3. Tell models.model.create_model how to initialize your module by adding a new entry, for instance:
elif args["model"] == "mymodule":
from torchmdnet.models.torchmd_mymodule import MyModule
is_equivariant = False # Set to True if your model is equivariant
representation_model = MyModule(
parameter1=args["parameter1"],
parameter2=args["parameter2"],
**shared_args, # Arguments typically shared by all models
)
4. Add any new parameters required to initialize your module to scripts.train.get_args. For instance:
parser.add_argument('--parameter1', type=int, default=32, help='Parameter1 required by MyModule')
...
5. Add an example configuration file to torchmd-net/examples
that uses your model.
6. Make tests use your configuration file by adding a case to tests.utils.load_example_args. For instance:
if model_name == "mymodule":
config_file = join(dirname(dirname(__file__)), "examples", "MyModule-QM9.yaml")

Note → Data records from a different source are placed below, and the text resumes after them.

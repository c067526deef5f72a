//! Worked calls on a shared cache of name 7, with 16-byte pages and 64 blocks: with 48 frames and a dirty limit of 16, or with 128
//! frames and a limit of 96 if the row fills the ring or the device. Every row is run by one function, since the check is slow where a cache is
//! dropped. The rows with several threads are those of `thread_rows`, those of workers are those of
//! `worker_rows`, those over a file longer than the cache are those of `long_rows`, and those whose history is looked at are those of
//! `history_rows`.

ghost use Rattle.std.specs.Prelude.{◌≡◌, [], All, IfSome};
ghost use Rattle.std.specs.FinMap as map;
ghost use Rattle.held.specs.Shown.{AreFresh};
ghost use Rattle.held.specs.Keeps.{IsLocked};
ghost use Rattle.machine.specs.Catalogs.{IsCatalog, adopted};
ghost use Rattle.shared.specs.Keeps.{AreBlocksOf, IsDisk};
ghost use Rattle.shared.specs.Workers.{IsWorkerOf};

use crate::history_rows::{Story, leaves_a_history};
use crate::long_rows::{BADLY, SOME, WELL, passes_over_a_long_file};
use crate::space_rows::{Meanwhile, fills_the_device};
use crate::thread_rows::{
    Entrance, FIRST_FILL, Turnstile, is_seen_by_all, reads_beside_a_fill, reads_page,
    shares_a_file, tries_again, writes_page,
};
use crate::worker_rows::{
    Waking, closes_with_a_full_ring, reads_beside_a_write, stops_with_a_full_ring, wakes,
};
use blockdev::{BlockDevice, FaultEffect, GatedDevice, ScriptDevice};
use cursor::Seek;
use faulty::FaultyDevice;
use held::log::Seat;
use held::naming::Naming;
use pc_types::{ErrCode, Geometry, Refusal};
use shared::cache::{Parts, SharedCache};
use shared::handle::Handle;
use shared::worker::Worker;
use shared::writes::Wrote;
use std::alloc::Global;
use std::marker::Brand;
use std::mem::drop;
use std::sync::Wait;
use std::test::Fail;
use std::thread::Threads;
use trail::FullTrail;

/// A device behind the turnstile.
type Gated<'a> = GatedDevice<FaultyDevice<ScriptDevice>, Entrance<'a>>;

pub(crate) type Tested<B, D> = SharedCache<B, D, FullTrail>;

#[derive(Clone, Copy)]
enum Row {
    Closes,
    ClosesWithAFullRing,
    FillsTheDevice(Meanwhile),
    IsSeenByAll,
    Leaves(Story),
    PassesOverALongFile,
    PassesOverFaults,
    ReadsBack,
    ReadsBesideAFill,
    ReadsBesideAWrite,
    SharesAFile,
    StopsWithAFullRing,
    Syncs,
    TellsOfAFault,
    TellsOfALostFlush,
    TriesAgain,
    Wakes(Waking),
}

At this point, if your module is missing some feature the tests will let you know, and you can add it. If you add a new feature to the package, please add a test for it.
We use black. Please run black
on your modified files before committing.
To run the tests, install the package and run pytest
in the root directory of the repository. Tests are a good source of knowledge on how to use the different components of the package.